ブラジル化学工業会(Abiquim)のフェルナンド・フィゲイレード会長は、「米国経済の回復並びに港湾戦争の終焉で、ブラジルの化学製品市場が変化してきている」と説明、今年上半期の化学製品の貿易収支は、前年同期比13.4%増加の149億ドルの赤字を計上している。
今年上半期の化学製品の輸入は前年同期比13.4%増加の220億ドル、輸出は5.1%増加の70億ドル、特に穀物生産が好調に推移しているため化学肥料の輸入が急増している。

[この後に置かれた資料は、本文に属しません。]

// FIPS 180-4, section 6.2.2, step 1: a block's message schedule, a local array of 64 words. Every sum is modulo 2^32.
ghost use Rattle.std.specs.Prelude.{◌≡◌, ◌+◌, ◌*◌, length, take};
ghost use Rattle.fips.specs.Sha256 as S;

use crate::words::{small0, small1};

// A word of four bytes, the first the most significant.
fn join(a: u8, b: u8, c: u8, d: u8) -> u32
    ensures { result ≡ ((a * 256 + b) * 256 + c) * 256 + d }
{
    ((a as u32 * 256 + b as u32) * 256 + c as u32) * 256 + d as u32
}

// A word of the schedule, from the four before it that it is made of.
fn mix(w2: u32, w7: u32, w15: u32, w16: u32) -> u32
    ensures { result ≡ S.mix w2 w7 w15 w16 }
{
    small1(w2)
        .wrapping_add(w7)
        .wrapping_add(small0(w15))
        .wrapping_add(w16)
}

// The first sixteen words of the schedule: those of the block's bytes.
fn first_words(b: &[u8]) -> [u32; 64]
    requires { length b.now ≡ 64 }
    ensures { take 16 result ≡ S.schedule b.now 16 }
{
    let mut w = [0u32; 64];
    // By index and `join`: over `as_chunks`, with `from_be_bytes`, a message of 16 KB takes 1.07 of the time.
    for t in 0..16 {
        let i = 4 * t;
        w[t] = join(b[i], b[i + 1], b[i + 2], b[i + 3]);
    }
    w
}

// The schedule of a block: behind them each word is made of words before it.
pub(crate) fn schedule(b: &[u8]) -> [u32; 64]
    requires { length b.now ≡ 64 }
    ensures { result ≡ S.schedule b.now 64 }
{
    let mut w = first_words(b);
    for t in 16..64 {
        w[t] = mix(w[t - 2], w[t - 7], w[t - 15], w[t - 16]);
    }
    w
}
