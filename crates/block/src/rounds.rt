// FIPS 180-4, section 6.2.2, steps 2 to 4: the rounds over a block's schedule, and the hash value after the block.
ghost use Rattle.std.specs.Prelude.{◌≡◌, ◌+◌, ◌<◌, ◌≤◌, length, slice_index};
ghost use Rattle.fips.specs.declared.State.{State};
ghost use Rattle.fips.specs.Words as W;
ghost use Rattle.fips.specs.Sha256 as S;

use crate::schedule::schedule;
use crate::words::{big0, big1, ch, maj};
use fips::State;

// Step 3: T1, T2, and round t with them.
fn t1(s: State, k: u32, w: u32) -> u32
    ensures { result ≡ S.T1 s k w }
{
    s.h.wrapping_add(big1(s.e))
        .wrapping_add(ch(s.e, s.f, s.g))
        .wrapping_add(k)
        .wrapping_add(w)
}

fn t2(s: State) -> u32
    ensures { result ≡ S.T2 s }
{
    big0(s.a).wrapping_add(maj(s.a, s.b, s.c))
}

fn round(s: State, k: &[u32; 64], w: &[u32; 64], t: usize) -> State
    requires { (t < 64) × (k.now ≡ W.K) }
    ensures { result ≡ S.round s (slice_index W.K t) (slice_index w.now t) }
{
    let x = t1(s, k[t], w[t]);
    State {
        a: x.wrapping_add(t2(s)),
        b: s.a,
        c: s.b,
        d: s.c,
        e: s.d.wrapping_add(x),
        f: s.e,
        g: s.f,
        h: s.g,
    }
}

// Step 4.
fn add(s: State, r: State) -> State
    ensures { result ≡ S.add s r }
{
    State {
        a: r.a.wrapping_add(s.a),
        b: r.b.wrapping_add(s.b),
        c: r.c.wrapping_add(s.c),
        d: r.d.wrapping_add(s.d),
        e: r.e.wrapping_add(s.e),
        f: r.f.wrapping_add(s.f),
        g: r.g.wrapping_add(s.g),
        h: r.h.wrapping_add(s.h),
    }
}

// Eight rounds, from round t on. They are written out so that the working variables need not move.
fn eight(s: State, k: &[u32; 64], w: &[u32; 64], t: usize) -> State
    requires { (t + 8 ≤ 64) × (k.now ≡ W.K) }
    ensures { (x : State) → s ≡ S.rounds w.now x t → result ≡ S.rounds w.now x (t + 8) }
{
    let mut r = round(s, k, w, t);
    r = round(r, k, w, t + 1);
    r = round(r, k, w, t + 2);
    r = round(r, k, w, t + 3);
    r = round(r, k, w, t + 4);
    r = round(r, k, w, t + 5);
    r = round(r, k, w, t + 6);
    round(r, k, w, t + 7)
}

// The hash value after a block. The constants are lent, as everywhere: an array that code names as a constant is laid out anew at each use.
pub fn compress(s: State, k: &[u32; 64], b: &[u8]) -> State
    requires { (k.now ≡ W.K) × (length b.now ≡ 64) }
    ensures { result ≡ S.compress s b.now }
{
    let w = schedule(b);
    let mut r = s;
    for turn in 0..8 {
        r = eight(r, k, &w, 8 * turn);
    }
    add(s, r)
}
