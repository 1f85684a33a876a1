// FIPS 180-4, sections 4.1.2 and 4.2.2: the functions on words of 32 bits, and the constants. Each
// is the definition of its name, read as code.
ghost use Rattle.std.specs.Prelude.{◌≡◌, ◌<◌};
ghost use Rattle.fips.specs.Words as W;

const K: [u32; 64] = [
    0x428a_2f98,
    0x7137_4491,
    0xb5c0_fbcf,
    0xe9b5_dba5,
    0x3956_c25b,
    0x59f1_11f1,
    0x923f_82a4,
    0xab1c_5ed5,
    0xd807_aa98,
    0x1283_5b01,
    0x2431_85be,
    0x550c_7dc3,
    0x72be_5d74,
    0x80de_b1fe,
    0x9bdc_06a7,
    0xc19b_f174,
    0xe49b_69c1,
    0xefbe_4786,
    0x0fc1_9dc6,
    0x240c_a1cc,
    0x2de9_2c6f,
    0x4a74_84aa,
    0x5cb0_a9dc,
    0x76f9_88da,
    0x983e_5152,
    0xa831_c66d,
    0xb003_27c8,
    0xbf59_7fc7,
    0xc6e0_0bf3,
    0xd5a7_9147,
    0x06ca_6351,
    0x1429_2967,
    0x27b7_0a85,
    0x2e1b_2138,
    0x4d2c_6dfc,
    0x5338_0d13,
    0x650a_7354,
    0x766a_0abb,
    0x81c2_c92e,
    0x9272_2c85,
    0xa2bf_e8a1,
    0xa81a_664b,
    0xc24b_8b70,
    0xc76c_51a3,
    0xd192_e819,
    0xd699_0624,
    0xf40e_3585,
    0x106a_a070,
    0x19a4_c116,
    0x1e37_6c08,
    0x2748_774c,
    0x34b0_bcb5,
    0x391c_0cb3,
    0x4ed8_aa4a,
    0x5b9c_ca4f,
    0x682e_6ff3,
    0x748f_82ee,
    0x78a5_636f,
    0x84c8_7814,
    0x8cc7_0208,
    0x90be_fffa,
    0xa450_6ceb,
    0xbef9_a3f7,
    0xc671_78f2,
];

// The constants of the rounds.
pub fn constants() -> [u32; 64]
    ensures { result ≡ W.K }
{
    K
}

// The rotation to the right by n. By shifts: document 01's form for it (docs/DECISIONS.md, "Forms").
fn rotr(x: u32, n: u32) -> u32
    requires { (0 < n) × (n < 32) }
    ensures { result ≡ W.rotr n x }
{
    (x >> n) | (x << (32 - n))
}

pub(crate) fn ch(x: u32, y: u32, z: u32) -> u32
    ensures { result ≡ W.Ch x y z }
{
    (x & y) ^ (!x & z)
}

pub(crate) fn maj(x: u32, y: u32, z: u32) -> u32
    ensures { result ≡ W.Maj x y z }
{
    (x & y) ^ (x & z) ^ (y & z)
}

// Big and small sigma are four functions, as section 4.1.2 has them: one over its three numbers would be no plainer.
pub(crate) fn big0(x: u32) -> u32
    ensures { result ≡ W.Σ0 x }
{
    rotr(x, 2) ^ rotr(x, 13) ^ rotr(x, 22)
}

pub(crate) fn big1(x: u32) -> u32
    ensures { result ≡ W.Σ1 x }
{
    rotr(x, 6) ^ rotr(x, 11) ^ rotr(x, 25)
}

pub(crate) fn small0(x: u32) -> u32
    ensures { result ≡ W.σ0 x }
{
    rotr(x, 7) ^ rotr(x, 18) ^ (x >> 3)
}

pub(crate) fn small1(x: u32) -> u32
    ensures { result ≡ W.σ1 x }
{
    rotr(x, 17) ^ rotr(x, 19) ^ (x >> 10)
}
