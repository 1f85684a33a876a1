// The driver's calls of the server: starting a directory and publishing. docs/DRIVER.md has each call's fields and answer. A
// call is one function, which reads its fields and answers a whole request, and one arm of `answer`.
#![tactic(auto)]

ghost use Rattle.wire.specs.Took.{Answered};

use paper::State;
use reply::{print_bad, print_bytes, print_number, print_refused, print_text};
use std::io::{Read, Write};
use wire::{Request, ServerCall, Space, Spare, Unreadable};

// The state and a blank after it.
fn print_state<O: Write>(output: &mut O, state: State) {
    print_number(output, state.count as u64);
    print_text(output, b" ");
    print_number(output, state.epoch as u64);
    print_text(output, b" ");
}

// 10: the state, and the heads as they are left.
fn answer_start<O: Write>(output: &mut O, heads: &mut [u8]) {
    match start::start(heads) {
        Ok(state) => {
            print_state(output, state);
            print_bytes(output, heads);
            print_text(output, b"\n");
        }
        Err(refusal) => print_refused(output, refusal.number()),
    }
}

// The bound of heads is 65,536, and there is room for one more.
fn call_start<I: Read, O: Write>(
    input: &mut I,
    output: &mut O,
    request: &mut Request,
    space: &mut Space,
) -> Result<(), Unreadable>
    ensures { Answered request.old request.new result }
{
    let n = request.read_at(input, space, 0, 2_097_184)?;
    request.end()?;
    answer_start(output, &mut space[..n]);
    Ok(())
}

// Room for 256 updates, which is their bound, and one more.
fn blank_batch() -> [u8; 41634] {
    [0; 41634]
}

// 11: the new state, and records and heads as they are left.
fn answer_publish<O: Write>(
    output: &mut O,
    records: &mut [u8],
    heads: &mut [u8],
    state: State,
    batch: &[u8],
) {
    match publish::publish(records, heads, state, batch) {
        Ok(new) => {
            print_state(output, new);
            print_bytes(output, records);
            print_text(output, b" ");
            print_bytes(output, heads);
            print_text(output, b"\n");
        }
        Err(returned) => print_refused(output, returned.refusal.number()),
    }
}

// Both tables are lent to be written, so they can't both lie in the space: the heads do, and the records in the spare room. There is room for
// 4,096 records, which is their bound, and one more.
fn call_publish<I: Read, O: Write>(
    input: &mut I,
    output: &mut O,
    request: &mut Request,
    space: &mut Space,
    spare: &mut Spare,
) -> Result<(), Unreadable>
    ensures { Answered request.old request.new result }
{
    let mut batch = blank_batch();
    let k = request.read_at(input, spare, 0, 688_296)?;
    let m = request.read_at(input, space, 0, 2_097_184)?;
    let count = u32::from_be_bytes(request.read_array(input)?);
    let epoch = u32::from_be_bytes(request.read_array(input)?);
    let n = request.read_field(input, &mut batch)?;
    request.end()?;
    answer_publish(
        output,
        &mut spare[..k],
        &mut space[..m],
        State { count, epoch },
        &batch[..n],
    );
    Ok(())
}

// Reads and answers a request: one that can't be read has no answer.
pub fn answer<I: Read, O: Write>(
    input: &mut I,
    output: &mut O,
    call: ServerCall,
    request: &mut Request,
    space: &mut Space,
    spare: &mut Spare,
) -> Result<(), Unreadable>
    ensures { Answered request.old request.new result }
{
    match call {
        ServerCall::Start => call_start(input, output, request, space),
        ServerCall::Publish => call_publish(input, output, request, space, spare),
    }
}

// Answers a request, also one that can't be read.
pub fn serve<I: Read, O: Write>(
    input: &mut I,
    output: &mut O,
    call: ServerCall,
    mut request: Request,
    space: &mut Space,
    spare: &mut Spare,
) {
    if answer(input, output, call, &mut request, space, spare).is_err() {
        print_bad(input, output, request);
    }
}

ブラジルの農業部門は化学肥料の輸入に頼っているが、国内では肥料の生産増加のための大プロジェクトが数多くあるにも関わらず、計画が先送りされているために輸入に頼らざるをえない。
レアルに対するドル高の為替は肥料の輸出にとって価格競争力を引上げる効果があり、Abiquim工業会のフィゲイレード会長はR$2.40 が理想的なドルの為替であると説明、また最近開始された社会統合基金(PIS)/社会保険融資納付金(Cofins)の減税政策も業界にとっては追い風になっている。
米国のシェールガス生産による天然ガス価格の低下は世界市場にとって革命的な出来事であり、ブラジルの化学工業会にとっても米国の化学工業界の競争力上昇は世界的な脅威となっている。(2013年7月11日付けエスタード紙)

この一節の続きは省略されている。